Recommendation is to patch to latest vCenter release. If the issue is still reproducible, then apply the workaround from below:

Workaround:

  1. Take snapshots of the vCenter or ELM vCenter group (See VMware vCenter in Enhanced Linked Mode pre-changes snapshot (online or offline) best practice for guidance on taking snapshots of vCenters in ELM)

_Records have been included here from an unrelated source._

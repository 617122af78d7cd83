//! What a definition is as an object: its texts get numbers in a world, which stays as it was otherwise.

ghost use Rattle.proto_attr.specs.Below.{None, Some, IfOk, Reading, Reads, datum, plain, spelled, spelled_option, IsNode, IsClass, IsName, Holds, AllHold, Grows, home_of, class_in, of_payload, of_option, of_name_ref, of_node_ref};
ghost use Rattle.std.specs.Prelude.{◌≡◌};
ghost use Rattle.py_node.specs.declared.built_in.BuiltIn.TheVariants as built_in;
ghost use Rattle.proto_attr.specs.NativeDefs.Definitions.{definition_of, as_function, as_method, as_bound_method, as_attribute, attribute_home, is_method};

use crate::native_defs::def::PyMethodDef;
use bitflags::Flags;
use class_world::World;
use py_node::{
    Boxed, BuiltinMethod, MethodDescriptor, NativeFunction, OutOfMemory, Payload, PyMethodFlags,
    PyObjectRef, PyStrInterned, PyTypeRef,
};

impl PyMethodDef {
    // The numbers of its texts.
    fn names(
        &self,
        world: &mut World,
    ) -> Result<(PyStrInterned, Option<PyStrInterned>), OutOfMemory>
        ensures name { IfOk result (λ x. (t : Reading) → Reads t world.new →
            spelled t x.0 ≡ (definition_of self.now).name) }
        ensures doc { IfOk result (λ x. (t : Reading) → Reads t world.new →
            spelled_option t x.1 ≡ (definition_of self.now).doc) }
        ensures holds { IfOk result (λ x. Holds world.new (IsName x.0)) }
        ensures doc_holds { IfOk result (λ x. AllHold world.new (of_option of_name_ref x.1)) }
        ensures same { (t : Reading) → plain t world.new ≡ plain t world.old }
        ensures reads { (t : Reading) → Reads t world.new → Reads t world.old }
        ensures grows { Grows world.old world.new }
    {
        let name = world.intern(self.name.as_str())?;
        match &self.doc {
            None => Ok((name, None)),
            Some(doc) => {
                let doc = world.intern(doc.as_str())?;
                Ok((name, Some(doc)))
            }
        }
    }

    // As a function, which may be bound to an object.
    fn function(
        &self,
        world: &mut World,
        target: Option<PyObjectRef>,
    ) -> Result<Payload, OutOfMemory>
        requires { AllHold world.old (of_option of_node_ref target) }
        ensures reading { IfOk result (λ p. (t : Reading) → Reads t world.new →
            datum t p ≡ as_function (definition_of self.now) target) }
        ensures holds { IfOk result (λ p. AllHold world.new (of_payload p)) }
        ensures home { IfOk result (λ p. home_of p ≡ built_in.BuiltinFunctionOrMethod) }
        ensures other { IfOk result (λ p. class_in p ≡ None) }
        ensures same { (t : Reading) → plain t world.new ≡ plain t world.old }
        ensures reads { (t : Reading) → Reads t world.new → Reads t world.old }
        ensures grows { Grows world.old world.new }
    {
        let (name, doc) = self.names(world)?;
        let function = NativeFunction {
            name,
            entry: self.func,
            target,
            doc,
        };
        Ok(Payload::NativeFunction(Boxed::new(world.alloc(), function)?))
    }

    /// As a function that isn't bound.
    pub fn to_function(&self, world: &mut World) -> Result<Payload, OutOfMemory>
        ensures reading { IfOk result (λ p. (t : Reading) → Reads t world.new →
            datum t p ≡ as_function (definition_of self.now) None) }
        ensures holds { IfOk result (λ p. AllHold world.new (of_payload p)) }
        ensures home { IfOk result (λ p. home_of p ≡ built_in.BuiltinFunctionOrMethod) }
        ensures other { IfOk result (λ p. class_in p ≡ None) }
        ensures same { (t : Reading) → plain t world.new ≡ plain t world.old }
        ensures reads { (t : Reading) → Reads t world.new → Reads t world.old }
        ensures grows { Grows world.old world.new }
    {
        self.function(world, None)
    }

    /// As a function that is bound to an object.
    pub(crate) fn to_bound_function(
        &self,
        world: &mut World,
        obj: PyObjectRef,
    ) -> Result<Payload, OutOfMemory>
        requires { Holds world.old (IsNode obj) }
        ensures reading { IfOk result (λ p. (t : Reading) → Reads t world.new →
            datum t p ≡ as_function (definition_of self.now) (Some obj)) }
        ensures holds { IfOk result (λ p. AllHold world.new (of_payload p)) }
        ensures home { IfOk result (λ p. home_of p ≡ built_in.BuiltinFunctionOrMethod) }
        ensures other { IfOk result (λ p. class_in p ≡ None) }
        ensures same { (t : Reading) → plain t world.new ≡ plain t world.old }
        ensures reads { (t : Reading) → Reads t world.new → Reads t world.old }
        ensures grows { Grows world.old world.new }
    {
        self.function(world, Some(obj))
    }

    /// As a method of a class.
    pub fn to_method(&self, world: &mut World, class: PyTypeRef) -> Result<Payload, OutOfMemory>
        requires { Holds world.old (IsClass class.0) }
        ensures reading { IfOk result (λ p. (t : Reading) → Reads t world.new →
            datum t p ≡ as_method (definition_of self.now) class.0) }
        ensures holds { IfOk result (λ p. AllHold world.new (of_payload p)) }
        ensures home { IfOk result (λ p. home_of p ≡ built_in.MethodDescriptor) }
        ensures other { IfOk result (λ p. class_in p ≡ None) }
        ensures same { (t : Reading) → plain t world.new ≡ plain t world.old }
        ensures reads { (t : Reading) → Reads t world.new → Reads t world.old }
        ensures grows { Grows world.old world.new }
    {
        let (name, doc) = self.names(world)?;
        let method = MethodDescriptor {
            class,
            name,
            entry: self.func,
            flags: self.flags.0,
            doc,
        };
        Ok(Payload::MethodDescriptor(Boxed::new(world.alloc(), method)?))
    }

    /// As a method of a class that is bound to an object.
    pub fn to_bound_method(
        &self,
        world: &mut World,
        obj: PyObjectRef,
        class: PyTypeRef,
    ) -> Result<Payload, OutOfMemory>
        requires obj { Holds world.old (IsNode obj) }
        requires class { Holds world.old (IsClass class.0) }
        ensures reading { IfOk result (λ p. (t : Reading) → Reads t world.new →
            datum t p ≡ as_bound_method (definition_of self.now) obj class.0) }
        ensures holds { IfOk result (λ p. AllHold world.new (of_payload p)) }
        ensures home { IfOk result (λ p. home_of p ≡ built_in.BuiltinMethod) }
        ensures other { IfOk result (λ p. class_in p ≡ None) }
        ensures same { (t : Reading) → plain t world.new ≡ plain t world.old }
        ensures reads { (t : Reading) → Reads t world.new → Reads t world.old }
        ensures grows { Grows world.old world.new }
    {
        let (name, doc) = self.names(world)?;
        let method = BuiltinMethod {
            name,
            entry: self.func,
            target: obj,
            class,
            doc,
        };
        Ok(Payload::BuiltinMethod(Boxed::new(world.alloc(), method)?))
    }

    /// Whether it is a method of objects or of classes, and no function.
    pub fn is_method(&self) -> bool
        ensures { result ≡ is_method (definition_of self.now) }
    {
        self.flags.contains(PyMethodFlags::METHOD) || self.flags.contains(PyMethodFlags::CLASS)
    }

    /// As an attribute of a class: a method of it, or a function that isn't bound where the definition is static.
    pub fn to_proper_method(
        &self,
        world: &mut World,
        class: PyTypeRef,
    ) -> Result<Payload, OutOfMemory>
        requires class { Holds world.old (IsClass class.0) }
        ensures reading { IfOk result (λ p. (t : Reading) → Reads t world.new →
            datum t p ≡ as_attribute (definition_of self.now) class.0) }
        ensures holds { IfOk result (λ p. AllHold world.new (of_payload p)) }
        ensures home { IfOk result (λ p. home_of p ≡ attribute_home (definition_of self.now)) }
        ensures other { IfOk result (λ p. class_in p ≡ None) }
        ensures same { (t : Reading) → plain t world.new ≡ plain t world.old }
        ensures reads { (t : Reading) → Reads t world.new → Reads t world.old }
        ensures grows { Grows world.old world.new }
    {
        if self.is_method() {
            self.to_method(world, class)
        } else {
            self.to_function(world)
        }
    }
}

  2. Log in to the vCenter via SSH.

  3. Create a backup of the envoy sidecar config file:
    # cp /etc/vmware-envoy-sidecar/config.yaml /etc/vmware-envoy-sidecar/config.yaml.back

  4. Using sed update the Envoy memory limit from 1073741824 (1 GB) to 2147483648 (2 GB):
    # sed -i 's/max_heap_size_bytes: 1073741824/max_heap_size_bytes: 2147483648/g' /etc/vmware-envoy-sidecar/config.yaml

  5.  Restart envoy-sidecar:
    # service-control --restart envoy-sidecar

  6. Some cases have show that 2Gbs is not enough. Recommendation is to update from 2 GBs to 4 GBs in such cases
    # sed -i 's/max_heap_size_bytes: 2147483648/max_heap_size_bytes: 4294967296/g' /etc/vmware-envoy-sidecar/config.yaml
    # service-control --restart envoy-sidecar

  7. In some corner cases even 4 GBs will not be enough. We recommend to completely remove these two actions:

       - name: "envoy.overload_actions.stop_accepting_requests"
          triggers:
            - name: "envoy.resource_monitors.global_downstream_max_connections"
              threshold:
                value: 0.99
            - name: "envoy.resource_monitors.fixed_heap"
              threshold:
                value: 0.98
     
      - name: "envoy.overload_actions.reject_incoming_connections"

          triggers:
            - name: "envoy.resource_monitors.fixed_heap"
              threshold:
                value: 1.00

    Using vim:
    # vim /etc/vmware-envoy-sidecar/config.yaml

    After the two actions are deleted, the entire section for overload manager in the yaml file should look like this:

    overload_manager:
      refresh_interval: 1s
      resource_monitors:
        - name: "envoy.resource_monitors.global_downstream_max_connections"
          typed_config:
            "@type": type.googleapis.com/envoy.extensions.resource_monitors.downstream_connections.v3.DownstreamConnectionsConfig
            max_active_downstream_connections: 8000
        - name: "envoy.resource_monitors.fixed_heap"
          typed_config:
            "@type": type.googleapis.com/envoy.extensions.resource_monitors.fixed_heap.v3.FixedHeapConfig
            max_heap_size_bytes: 4294967296 # 4GB
      actions:
        - name: "envoy.overload_actions.shrink_heap"
          triggers:
            - name: "envoy.resource_monitors.fixed_heap"
              threshold:
                value: 0.75
        - name: "envoy.overload_actions.disable_http_keepalive"
          triggers:
            - name: "envoy.resource_monitors.global_downstream_max_connections"
              threshold:
                value: 0.8
            - name: "envoy.resource_monitors.fixed_heap"
              threshold:
                value: 0.95
        - name: "envoy.overload_actions.reduce_timeouts"
          triggers:
            - name: "envoy.resource_monitors.global_downstream_max_connections"
              scaled:
                scaling_threshold: 0.25
                saturation_threshold: 0.97
            - name: "envoy.resource_monitors.fixed_heap"
              scaled:
                scaling_threshold: 0.85
                saturation_threshold: 0.97
          typed_config:
            "@type": type.googleapis.com/envoy.config.overload.v3.ScaleTimersOverloadActionConfig
            timer_scale_factors:
              - timer: HTTP_DOWNSTREAM_CONNECTION_IDLE
                min_timeout: 2s

    Save the file and restart sidecar service:
    # service-control --restart envoy-sidecar

  8. Developers are working on a fix, which is planned for a future release.